### Task objective:
Please return every line in the entries below with the word "base" in it.

### Records for this exercise:
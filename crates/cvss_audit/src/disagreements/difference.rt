//! Where an object disagrees with the vector in it.

ghost use Rattle.std.specs.Prelude.{◌≡◌, ◌∷◌, [], IfOk, OnOk, map, option_and_then, option_map};
ghost use Rattle.std.specs.Option.{option_to_list};
ghost use Rattle.cvss_vector.specs.Answers.{HasScore};
ghost use Rattle.cvss_audit.specs.Differences.{AreDifferences, AreDifferencesAt, claim_view, difference_at, difference_from, difference_view, differences_at, expected_by, expected_here, member_differences, osv_type, record_differences, said_view, wrong_name};
ghost use Rattle.cvss_audit.specs.Expected.{expected_value};
ghost use Rattle.cvss_audit.specs.Locations.{location_view};
ghost use Rattle.cvss_audit.specs.private.Views.{Adds};
ghost use Rattle.cvss_report.specs.Record.{expected_view};
ghost use Rattle.serde_json.specs.View.{members_view, view};

use crate::disagreements::claim::{Claim, expected_by};
use crate::disagreements::ratings::{push_rating_members, push_spdx, push_trivy};
use crate::disagreements::surroundings::push_around;
use crate::expected::member::{agrees, expected_at, expected_value};
use crate::expected::sub_scores::SubScores;
use crate::locations::form::Form;
use crate::locations::location::Location;
use crate::locations::member::given_at;
use cvss_report::{Expected, Scores};
use cvss_vector::Cvss;
use serde_json::{Map, Value};
use std::alloc::{AllocError, Global};

/// A member that says otherwise than the vector's record.
#[derive(Drop)]
pub struct Difference<'a> {
    /// The member's name.
    pub member: &'a str,
    /// What it says.
    pub says: Said<'a>,
    /// What would agree; null also where the member's absence, or `NOT_DEFINED`, would.
    pub is: Value,
}

/// What a member says, as it is in the document.
#[derive(Drop)]
pub enum Said<'a> {
    /// Its value.
    Value(&'a Value),
    /// Its name, where that is what says otherwise.
    Name(&'a str),
}

/// A vector, and its scores.
#[derive(Clone, Copy)]
pub(crate) struct Scored<'a> {
    pub(crate) cvss: &'a Cvss,
    pub(crate) scores: Scores,
}

/// The members of an object that say otherwise than the record of a vector, in the order of their
/// names. A member that the version's records don't have says nothing, except a number at `score`,
/// which is to be the vector's score; and neither does the text of the vector. A score of a group is
/// that of the equations even where the vector lacks the group.
///
/// # Errors
///
/// Out of memory.
pub fn differences<'a>(
    alloc: Global,
    cvss: &Cvss,
    object: &'a Map<String, Value>,
) -> Result<Vec<Difference<'a>>, AllocError>
    requires { HasScore cvss.now }
    ensures { IfOk result (λ found. AreDifferences cvss.now (members_view object.now.entries)
        (map difference_view found.items)) }
{
    let scores = Scores::of(cvss);
    let mut found = Vec::new(alloc);
    push_members(&mut found, Scored { cvss, scores }, object)?;
    Ok(found)
}

/// Where the document says otherwise at a location than the vector whose text is there. First the
/// members of the object that holds it: of a record all, of the other forms those that the form has
/// beside the vector. Then what is around the object: the versions that the names of the two members
/// say that it is in, and, as NVD has them, the severity of a vector of CVSS v2 and the sub-scores of
/// one of v2 or v3.
///
/// # Errors
///
/// Out of memory.
pub fn differences_at<'a>(
    alloc: Global,
    cvss: &Cvss,
    location: &Location<'a>,
) -> Result<Vec<Difference<'a>>, AllocError>
    requires { HasScore cvss.now }
    ensures { IfOk result (λ found. AreDifferencesAt cvss.now (location_view location.now)
        (map difference_view found.items)) }
{
    let scores = Scores::of(cvss);
    let parts = SubScores::of(cvss);
    let vector = Scored { cvss, scores };
    let mut found = Vec::new(alloc);
    push_object(&mut found, vector, parts, location)?;
    push_around(&mut found, vector, parts, location.context.around)?;
    Ok(found)
}

/// Adds the differences of the object that holds the vector.
fn push_object<'a>(
    found: &mut Vec<Difference<'a>>,
    vector: Scored<'_>,
    parts: Option<SubScores>,
    location: &Location<'a>,
) -> Result<(), AllocError>
    ensures { OnOk result (Adds found.old.items
        (member_differences vector.entry.cvss.now vector.entry.scores parts location.now.form
        (members_view location.now.object.now.entries)) found.new.items) }
{
    let object = location.object;
    match location.form {
        Form::Record => push_members(found, vector, object),
        Form::GitHub => push_at(found, "score", Claim::Number(vector.scores.base), object),
        Form::Osv => push_at(found, "type", Claim::Text(osv_type(vector.cvss)), object),
        Form::Rating => push_rating_members(found, vector, parts, object),
        Form::TrivyV2 => push_trivy(found, vector, ("V2Score", "V2Vector"), object),
        Form::TrivyV3 => push_trivy(found, vector, ("V3Score", "V3Vector"), object),
        Form::TrivyV40 => push_trivy(found, vector, ("V40Score", "V40Vector"), object),
        Form::RustSec => Ok(()),
        Form::Spdx => push_spdx(found, vector, object),
    }
}

/// Adds the differences of all members of an object.
fn push_members<'a>(
    found: &mut Vec<Difference<'a>>,
    vector: Scored<'_>,
    object: &'a Map<String, Value>,
) -> Result<(), AllocError>
    ensures { OnOk result (Adds found.old.items
        (record_differences vector.entry.cvss.now vector.entry.scores
        (members_view object.now.entries)) found.new.items) }
{
    for (name, said) in object {
        push_member(found, vector, name.as_str(), said)?;
    }
    Ok(())
}

/// Adds the difference of the member of this name from what it is to say, if it is there and not null.
pub(crate) fn push_at<'a>(
    found: &mut Vec<Difference<'a>>,
    name: &'a str,
    claim: Claim,
    object: &'a Map<String, Value>,
) -> Result<(), AllocError>
    ensures { OnOk result (Adds found.old.items
        (differences_at name.now (claim_view claim) (members_view object.now.entries))
        found.new.items) }
{
    match given_at(object, name) {
        Some(said) => push_if_other(found, name, said, expected_by(claim, said)),
        None => Ok(()),
    }
}

/// The type that OSV gives the score of a vector.
fn osv_type(cvss: &Cvss) -> &'static str
    ensures { result.now ≡ osv_type cvss.now }
{
    match cvss {
        Cvss::CvssV20(_) => "CVSS_V2",
        Cvss::CvssV30(_) | Cvss::CvssV31(_) => "CVSS_V3",
        Cvss::CvssV40(_) => "CVSS_V4",
    }
}

/// Adds the difference of a member, if it says otherwise than the vector's record or score.
fn push_member<'a>(
    found: &mut Vec<Difference<'a>>,
    vector: Scored<'_>,
    name: &'a str,
    said: &'a Value,
) -> Result<(), AllocError>
    ensures { OnOk result (Adds found.old.items
        (option_to_list (difference_at vector.entry.cvss.now vector.entry.scores
        (name.now, view said.now))) found.new.items) }
{
    push_if_other(found, name, said, expected_here(vector, name, said))
}

/// What is expected of a member, if anything: of a number at `score` that it is the vector's, and else
/// what the vector's record says.
fn expected_here(vector: Scored<'_>, name: &str, said: &Value) -> Option<Expected>
    ensures { option_map expected_view result
        ≡ expected_here vector.entry.cvss.now vector.entry.scores (name.now, view said.now) }
{
    if name == "score" {
        expected_by(Claim::Number(vector.scores.base), said)
    } else {
        expected_at(vector.cvss, &vector.scores, name, said)
    }
}

/// Adds the difference between what is said and what is expected, if there is one.
fn push_if_other<'a>(
    found: &mut Vec<Difference<'a>>,
    member: &'a str,
    said: &'a Value,
    expected: Option<Expected>,
) -> Result<(), AllocError>
    ensures { OnOk result (Adds found.old.items
        (option_to_list (option_and_then (difference_from (member.now, view said.now))
        (option_map expected_view expected))) found.new.items) }
{
    let Some(expected) = expected else {
        return Ok(());
    };
    if agrees(expected, said) {
        return Ok(());
    }
    push_difference(found, member, Said::Value(said), expected)
}

/// Adds the name of a member, if it says another version than the vector's.
pub(crate) fn push_name<'a>(
    found: &mut Vec<Difference<'a>>,
    cvss: &Cvss,
    name: &'a str,
    is_wrong: bool,
) -> Result<(), AllocError>
    ensures { OnOk result (Adds found.old.items (wrong_name cvss.now name.now is_wrong)
        found.new.items) }
{
    if is_wrong {
        let expected = Expected::Text(cvss.version().as_str());
        return push_difference(found, name, Said::Name(name), expected);
    }
    Ok(())
}

/// Adds the difference between what a member says and what is expected.
fn push_difference<'a>(
    found: &mut Vec<Difference<'a>>,
    member: &'a str,
    says: Said<'a>,
    expected: Expected,
) -> Result<(), AllocError>
    ensures { OnOk result (Adds found.old.items
        ((member.now, said_view says.entry, expected_value (expected_view expected)) ∷ []) found.new.items) }
{
    let is = expected_value(expected, *found.allocator())?;
    found.push(Difference { member, says, is })?;
    Ok(())
}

### Answer area:
        Form::GitHub => push_at(found, "score", Claim::Number(vector.scores.base), object),
        expected_by(Claim::Number(vector.scores.base), said)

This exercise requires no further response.